Wisconsin banks saw their combined net loans and leases climb to more than $106.5 billion in the first quarter but total deposits dropped by around 1.56%, according to an analysis of FDIC figures released by the Wisconsin Bankers Association.
Banks ended the quarter with roughly $118.1 billion in deposits, down from $120 billion in the fourth quarter of 2022. Compared to the first quarter last year, deposits were down 0.7%.
The WBA attributed the decline in deposits to inflation eating away at the savings of both businesses and consumers and customers taking money out in search of higher yields.
The first quarter also did see significant turbulence in the banking sector following the failure of Silicon Valley Bank. The bank’s challenges fueled speculation customers might leave regional and smaller banks in favor of larger national banks.

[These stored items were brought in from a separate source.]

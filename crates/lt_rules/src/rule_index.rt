//! The rules of each constant.
ghost use Rattle.std.specs.Prelude.{◌≡◌, [], ◌∷◌, ◌++◌, OnOk, OnErr, None};
ghost use Rattle.lt_definitions.specs.Types.{found};
ghost use Rattle.lt_rules.specs.RuleIndexes.{listed_under, without_last, Changes, Agree};

use crate::rule_list::RuleList;
use crate::shared_rule::SharedRule;
use indexmap::IndexMap;
use lt_hol::{Memory, Name, TryCopy};
use std::alloc::Global;
use std::marker::Model;

/// Lists of rules under constants.
///
/// A look-up takes constant time. A constant whose rules were dropped may keep an empty list.
#[derive(Debug, Drop)]
pub(crate) struct RuleIndex {
    lists: IndexMap<Name, RuleList>,
    /// The list of a constant that has none.
    none: RuleList,
}

impl Model for RuleIndex {
    ghost use Rattle.std.specs.Prelude.{◌≡◌, List, [], ℕ};
    ghost use Rattle.lt_transport_definitions.specs.RuleForm.{TransferRule};
    ghost use Rattle.std.specs.Coded.{coded_list, coded×, coded_ℕ, codes};
    ghost use Rattle.lt_types.specs.Codes.{coded_type};
    ghost use Rattle.lt_terms.specs.Codes.{coded_term};
    ghost use Rattle.lt_expressions.specs.Codes.{coded_relation};

    ghost Value = { List (List ℕ × List TransferRule) };

    ghost coded = { coded_list (coded× (coded_list coded_ℕ)
        (coded_list (Prim.hlevel (codes, coded_type, coded_term, coded_relation)))) };

    ghost view = { λ x. x.lists.entries };

    ghost invariant = { λ x. x.none ≡ [] };
}

impl RuleIndex {
    /// No lists.
    pub(crate) fn new(alloc: Global) -> RuleIndex
        ensures { result ≡ [] }
    {
        RuleIndex {
            lists: IndexMap::new(alloc),
            none: RuleList::new(alloc),
        }
    }

    /// The rules of a constant.
    pub(crate) fn get(&self, constant: &Name) -> &RuleList
        ensures { result.now ≡ listed_under constant.now self.now }
    {
        match self.lists.get(constant) {
            Some(list) => list,
            None => &self.none,
        }
    }

    /// Adds a rule of a constant.
    pub(crate) fn add(
        &mut self,
        alloc: Global,
        constant: Name,
        rule: SharedRule,
    ) -> Result<(), Memory>
        ensures ok { OnOk result
            (Changes constant (λ rules. rules ++ rule ∷ []) self.old self.new) }
        ensures err { OnErr result (Agree self.old self.new) }
    {
        match self.lists.get_mut(&constant) {
            Some(list) => Ok(list.push(rule)?),
            None => Ok(self.add_first(alloc, constant, rule)?),
        }
    }

    /// Adds the first rule of a constant that has no list.
    fn add_first(&mut self, alloc: Global, constant: Name, rule: SharedRule) -> Result<(), Memory>
        requires { found constant self.old ≡ None }
        ensures ok { OnOk result
            (Changes constant (λ rules. rules ++ rule ∷ []) self.old self.new) }
        ensures err { OnErr result (self.new ≡ self.old) }
    {
        let mut list = RuleList::new(alloc);
        list.push(rule)?;
        self.lists.insert(constant, list)?;
        Ok(())
    }

    /// Drops the last rule of a constant, if there is one.
    pub(crate) fn drop_last(&mut self, constant: &Name)
        ensures { Changes constant.now without_last self.old self.new }
    {
        match self.lists.get_mut(constant) {
            Some(list) => list.drop_last(),
            None => {}
        }
    }
}
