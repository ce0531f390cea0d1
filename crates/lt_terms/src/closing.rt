//! Abstraction over a free variable.
ghost use Rattle.std.specs.Prelude.{◌≡◌, [], IfOk, false};
ghost use Rattle.lt_definitions.specs.Binding.{Closes, longest, new_binder};
ghost use Rattle.lt_nameless.specs.Nameless.{nameless, nameless_abstraction};
ghost use Rattle.lt_nameless.specs.NamelessRules.{abstracted};
ghost use Rattle.lt_terms.specs.NodeNames.{has_bound, is_bound_at, name_length};

use crate::replacing::subst_free;
use crate::term::{Term, TermNode};
use lt_types::{Memory, Name, TryCopy, Ty};
use std::alloc::Global;

/// The abstraction over the free variable of that name and type.
///
/// Its binder has the variable's name where the term has no binder and no bound name of that name,
/// else a name that is longer than those of the term; the clauses leave it free.
/// It takes time linear in the term and in the names of its binders.
pub fn close_free(alloc: Global, t: &Term, name: &Name, ty: &Ty) -> Result<Term, Memory>
    ensures closes { IfOk result (Closes name.now ty.now t.now) }
    ensures nameless { IfOk result (λ r. nameless [] r
        ≡ nameless_abstraction ty.now (abstracted 0 name.now ty.now (nameless [] t.now))) }
{
    let binder = unused_name(alloc, t, name)?;
    let bound = Term::bound(alloc, binder.copy(alloc)?)?;
    let body = subst_free(alloc, t, name, ty, &bound)?;
    Ok(Term::lam(alloc, binder, ty.copy(alloc)?, body)?)
}

/// That name or a longer one, which is no name of a binder and no bound name of the term.
fn unused_name(alloc: Global, t: &Term, name: &Name) -> Result<Name, Memory>
    ensures { IfOk result (λ n. has_bound n t.now ≡ false) }
{
    if has_bound(t, name) {
        return Ok(new_binder(alloc, t)?);
    }
    Ok(name.copy(alloc)?)
}

/// Whether the name is that of a binder or a bound name of the term.
fn has_bound(t: &Term, name: &Name) -> bool
    ensures { result ≡ has_bound name.now t.now }
{
    for node in t.nodes() {
        if is_bound_at(node, name) {
            return true;
        }
    }
    false
}

/// Whether the name is that of a node's binder, or the bound name of the node.
fn is_bound_at(node: &TermNode, name: &Name) -> bool
    ensures { result ≡ is_bound_at name.now node.now }
{
    match node {
        TermNode::Bound(other) => name == other,
        TermNode::Lam(other, _, _) => name == other,
        _ => false,
    }
}

/// A name that is longer than that of each binder and each bound name of the term.
fn new_binder(alloc: Global, t: &Term) -> Result<Name, Memory>
    ensures { IfOk result (λ n. n ≡ new_binder t.now) }
{
    Name::repeated(alloc, 'x', longest(t))
}

/// The greatest length of the name of a binder or a bound name.
fn longest(t: &Term) -> usize
    ensures { result ≡ longest t.now }
{
    let mut longest = 0;
    for node in t.nodes() {
        longest = longest.max(name_length(node));
    }
    longest
}

/// The length of the name of a node's binder, or of the bound name of the node.
fn name_length(node: &TermNode) -> usize
    ensures { result ≡ name_length node.now }
{
    match node {
        TermNode::Bound(name) => name.len(),
        TermNode::Lam(name, _, _) => name.len(),
        _ => 0,
    }
}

In a recent BizTimes cover story, bank executives from southeastern Wisconsin said they did not see a dramatic shift in deposits in the aftermath of SVB’s collapse.
While deposits were down, banks did find customer demand for additional borrowing with net loans and leases up 1.11% in the quarter.
The increase was primarily driven by residential real estate, which saw a 1.92% increase in the quarter to $26.4 billion. The WBA noted that with low inventory, homes continue to sell quickly and while interest rates have increased, they remain relatively low in the historical context.
Still, the pace of quarter-over-quarter growth in residential loans has slowed from more than 5% in the second and third quarters of 2022 and more than 3% in the fourth quarter.
Commercial and industrial loans were down 0.59% in the first quarter to $17.7 billion. Year-over-year, C&I lending is up, but the pace of growth slowed over the course of the past year before tipping over to a decline this quarter.
The WBA noted business owners have held off on borrowing due to recession concerns.
Despite those worries about a downturn, the amount of assets at Wisconsin banks that are more than 90 days past due or in nonaccrual status declined 1.26% in the quarter to $406 million and was down almost 16% year-over-year.